Azure Data Factory – Data Sets, Linked Services and Pipeline Executions

In my posts this week, I’ve been going a little deeper into Azure Data Factory (be sure to check out my others from Tuesday and Wednesday). I’m excited today to dig into getting data from one source into Azure.

First let’s talk about data sets. Consider a data set anything that you’re using as your input or output. An Azure blob data set is one example and is defined by the blob container itself, the folder, the file, the documentation, etc. In this case you can have that as your source or your destination.

There are many data set options, such as Azure Services (other data services or blobs, databases, data warehouses or Data Lake), as well as on premises databases like SQL Server, MySQL or Oracle. You also have your NoSQL components like Cassandra and MongoDB and you can get your files from an FTP server, Amazon S3 or internal file systems.

Lastly, you have your SaaS offerings like MS Dynamics, Salesforce or Marketo. There is a grid available in the Microsoft documentation which outlines what can be a source or a destination or both, in some cases.

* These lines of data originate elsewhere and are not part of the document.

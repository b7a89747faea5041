// Objects, bodies and statements of parts that were kept.
#![tactic(auto, using(bicep_tree::proofs::ViewLemmas::enums, bicep_tree::proofs::ViewLemmas::structs, crate::proofs::StackLemmas::stacks), unfolding(crate::specs::Kept::made))]

ghost use Rattle.std.specs.Prelude.{◌≡◌, max, map, IfOk, option_map};
ghost use Rattle.bicep_tree.specs.View.{body_of, object_of};
ghost use Rattle.bicep_machine.specs.Kept.{put, empty, object_gap, body_gap, of_members, of_object, of_plain, of_each};
ghost use Rattle.bicep_machine.specs.Kept.{of_property, of_loop, of_decorator, of_body_plain, of_body_if};
ghost use Rattle.bicep_machine.specs.Kept.{of_body_each, of_body_each_if};
ghost use Rattle.bicep_machine.specs.Closing.{of_statement, with_expression, with_each};
ghost use Rattle.bicep_machine.specs.Views.{kept, kept_items, kept_members, kept_object, kept_member, kept_value};
ghost use Rattle.bicep_machine.specs.Views.{kept_loop, kept_body, kept_decorators, kept_decorator, kept_declaration};
ghost use Rattle.bicep_machine.specs.Views.{kept_statement, kept_statements, assigned_of};

use crate::frame::Assigned;
use crate::kept::{Kept, MAX_PART_NESTING, deeper, empty, nothing, put};
use arm_value::OutOfMemory;
use bicep_tree::{
    Body, Declaration, Decorator, Expr, Function, Label, Literal, Loop, LoopNames, Member, Object,
    Statement, Value,
};
use std::alloc::Global;

/// The members of an object with one more.
pub fn with_member(
    members: Kept<Vec<Member>>,
    member: Kept<Member>,
) -> Result<Kept<Vec<Member>>, OutOfMemory>
    ensures { IfOk result (λ k. kept_members k ≡ put (kept_members members) (kept_member member)) }
{
    put(members, member)
}

/// Decorators with one more.
pub fn with_decorator(
    decorators: Kept<Vec<Decorator>>,
    decorator: Kept<Decorator>,
) -> Result<Kept<Vec<Decorator>>, OutOfMemory>
    ensures { IfOk result
        (λ k. kept_decorators k ≡ put (kept_decorators decorators) (kept_decorator decorator)) }
{
    put(decorators, decorator)
}

/// The statements of a file with one more.
pub fn with_statement(
    statements: Kept<Vec<Statement>>,
    statement: Kept<Statement>,
) -> Result<Kept<Vec<Statement>>, OutOfMemory>
    ensures { IfOk result
        (λ k. kept_statements k ≡ put (kept_statements statements) (kept_statement statement)) }
{
    put(statements, statement)
}

/// The object whose `{` is at that offset.
pub fn object_of(alloc: Global, at: usize, members: Kept<Vec<Member>>) -> Kept<Object>
    ensures { kept_object result ≡ of_members 64 at (kept_members members) }
{
    if members.depth < MAX_PART_NESTING {
        Kept {
            part: Object {
                at,
                members: members.part,
            },
            depth: members.depth + 1,
        }
    } else {
        Kept {
            part: object_gap(alloc),
            depth: MAX_PART_NESTING + 1,
        }
    }
}

/// The object as an expression.
pub fn braced(alloc: Global, object: Kept<Object>) -> Result<Kept<Box<Expr>>, OutOfMemory>
    ensures { IfOk result (λ k. kept k ≡ of_object (kept_object object)) }
{
    Ok(Kept {
        part: Box::new(alloc, Expr::Object(object.part))?,
        depth: object.depth,
    })
}

/// The expression as the value of a member or a declaration.
pub fn plain_of(e: Kept<Box<Expr>>) -> Kept<Value>
    ensures { kept_value result ≡ of_plain (kept e) }
{
    Kept {
        part: Value::Plain(Box::into_inner(e.part)),
        depth: e.depth,
    }
}

/// A for-expression: the loop, and the value for each of its items.
pub fn each_of(names: Kept<Box<Loop>>, e: Kept<Box<Expr>>) -> Kept<Value>
    ensures { kept_value result ≡ of_each 64 (kept_loop names) (kept e) }
{
    let below = deeper(names.depth, e.depth);
    if below < MAX_PART_NESTING {
        let each = Value::Each(Box::into_inner(names.part), Box::into_inner(e.part));
        Kept {
            part: each,
            depth: below + 1,
        }
    } else {
        let gap = Value::Plain(Expr::Literal(0, Literal::Null));
        Kept {
            part: gap,
            depth: MAX_PART_NESTING + 1,
        }
    }
}

/// A member with its name and its value.
pub fn property_of(label: Label, value: Kept<Value>) -> Kept<Member>
    ensures { kept_member result ≡ of_property label (kept_value value) }
{
    Kept {
        part: Member::Property(label, value.part),
        depth: value.depth,
    }
}

/// `for` with its names, and the list that they go over.
pub fn loop_of(
    alloc: Global,
    at: usize,
    names: LoopNames,
    e: Kept<Box<Expr>>,
) -> Result<Kept<Box<Loop>>, OutOfMemory>
    ensures { IfOk result (λ k. kept_loop k ≡ of_loop at names (kept e)) }
{
    let part = Loop {
        at,
        names,
        over: Box::into_inner(e.part),
    };
    Ok(Kept {
        part: Box::new(alloc, part)?,
        depth: e.depth,
    })
}

/// No decorators yet.
pub fn no_decorators(alloc: Global) -> Kept<Vec<Decorator>>
    ensures { kept_decorators result ≡ empty }
{
    empty(alloc)
}

/// The decorator whose `@` is at that offset.
pub fn decorator_of(at: usize, function: Function, arguments: Kept<Vec<Expr>>) -> Kept<Decorator>
    ensures { kept_decorator result ≡ of_decorator at function (kept_items arguments) }
{
    Kept {
        part: Decorator {
            at,
            function,
            arguments: arguments.part,
        },
        depth: arguments.depth,
    }
}

/// A body that is an object.
pub fn body_plain(object: Kept<Object>) -> Kept<Body>
    ensures { kept_body result ≡ of_body_plain (kept_object object) }
{
    Kept {
        part: Body::Plain(object.part),
        depth: object.depth,
    }
}

/// A body after a condition, whose `if` is at that offset.
pub fn body_if(at: usize, condition: Kept<Box<Expr>>, object: Kept<Object>) -> Kept<Body>
    ensures { kept_body result ≡ of_body_if at (kept condition) (kept_object object) }
{
    let depth = deeper(condition.depth, object.depth);
    Kept {
        part: Body::If(at, Box::into_inner(condition.part), object.part),
        depth,
    }
}

// What replaces an object that nests too deep.
fn object_gap(alloc: Global) -> Object
    ensures { object_of result ≡ object_gap }
{
    Object {
        at: 0,
        members: Vec::new(alloc),
    }
}

// What replaces a body that nests too deep.
fn body_gap(alloc: Global) -> Kept<Body>
    ensures body { body_of result.part ≡ body_gap }
    ensures depth { result.depth ≡ 65 }
{
    Kept {
        part: Body::Plain(object_gap(alloc)),
        depth: MAX_PART_NESTING + 1,
    }
}

/// A body for each item of a loop.
pub fn body_each(alloc: Global, names: Kept<Box<Loop>>, object: Kept<Object>) -> Kept<Body>
    ensures { kept_body result ≡ of_body_each 64 (kept_loop names) (kept_object object) }
{
    let below = deeper(names.depth, object.depth);
    if below < MAX_PART_NESTING {
        let each = Body::Each(Box::into_inner(names.part), object.part);
        Kept {
            part: each,
            depth: below + 1,
        }
    } else {
        body_gap(alloc)
    }
}

/// A body after a condition, for each item of a loop.
pub fn body_each_if(
    alloc: Global,
    names: Kept<Box<Loop>>,
    at: usize,
    condition: Kept<Box<Expr>>,
    object: Kept<Object>,
) -> Kept<Body>
    ensures { kept_body result
        ≡ of_body_each_if 64 (kept_loop names) at (kept condition) (kept_object object) }
{
    let below = deeper(names.depth, deeper(condition.depth, object.depth));
    if below < MAX_PART_NESTING {
        let names = Box::into_inner(names.part);
        let condition = Box::into_inner(condition.part);
        Kept {
            part: Body::EachIf(names, at, condition, object.part),
            depth: below + 1,
        }
    } else {
        body_gap(alloc)
    }
}

/// The declaration after its decorators.
pub fn statement_of(
    decorators: Kept<Vec<Decorator>>,
    declaration: Kept<Declaration>,
) -> Kept<Statement>
    ensures { kept_statement result
        ≡ of_statement (kept_decorators decorators) (kept_declaration declaration) }
{
    let depth = deeper(decorators.depth, declaration.depth);
    let decorators = decorators.part;
    Kept {
        part: Statement {
            decorators,
            declaration: declaration.part,
        },
        depth,
    }
}

/// The declaration with its expression.
pub fn with_expression(assigned: Assigned, e: Kept<Box<Expr>>) -> Kept<Declaration>
    ensures { kept_declaration result ≡ with_expression (assigned_of assigned) (kept e) }
{
    let depth = e.depth;
    let e = Box::into_inner(e.part);
    let part = match assigned {
        Assigned::Metadata(at, name) => Declaration::Metadata(at, name, e),
        Assigned::Scope(at) => Declaration::TargetScope(at, e),
        Assigned::Param(at, name, kind) => Declaration::ParamWith(at, name, kind, e),
        Assigned::Var(at, name) => Declaration::Var(at, name, Value::Plain(e)),
        Assigned::Output(at, name, kind) => Declaration::Output(at, name, kind, Value::Plain(e)),
    };
    Kept { part, depth }
}

/// The declaration with its for-expression; `None` where it may have none.
pub fn with_each(assigned: Assigned, value: Kept<Value>) -> Option<Kept<Declaration>>
    ensures { option_map kept_declaration result
        ≡ with_each (assigned_of assigned) (kept_value value) }
{
    match assigned {
        Assigned::Var(at, name) => Some(Kept {
            part: Declaration::Var(at, name, value.part),
            depth: value.depth,
        }),
        Assigned::Output(at, name, kind) => Some(Kept {
            part: Declaration::Output(at, name, kind, value.part),
            depth: value.depth,
        }),
        other => nothing((other, value)),
    }
}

Using Linked Services is the way that you link from your source to your destination. This defines the connection to the data source, whether it be the input or the output. Think of it like your connection string in SQL Server; you’re connecting to a specific place, whether you’re using that to output data from a source or input it to a destination.

Now, let’s look at Pipeline Executions. A pipeline is a collection of activities that you’ve built, and the executions run that pipeline moving the data from one place to another or to do some transformation with that data. There are 2 defined Pipeline Executions:

1. Manual (or On Demand) Executions. These can be triggered through the Azure portal, a REST API, as part of a PowerShell script, or as part of your .net application.

2. Setting Up Triggers. With this execution, you set up a trigger as part of your Data Factory. This was an exciting new change in Azure Data Factory V2. Triggers can be scheduled, so you can set a job to run at a particular time each day or you can set a tumbling window trigger. Using a tumbling window, you can set up your hours of operation (let’s say you want your data to run from 8-5, Monday through Friday, every hour on the hour). The tumbling window trigger runs continuously for the times/hours you’ve specified.

Doing this allows us to lessen our costs to run the job in Azure by using the compute time only when you need it, and not using compute time during downtimes like outside of business hours.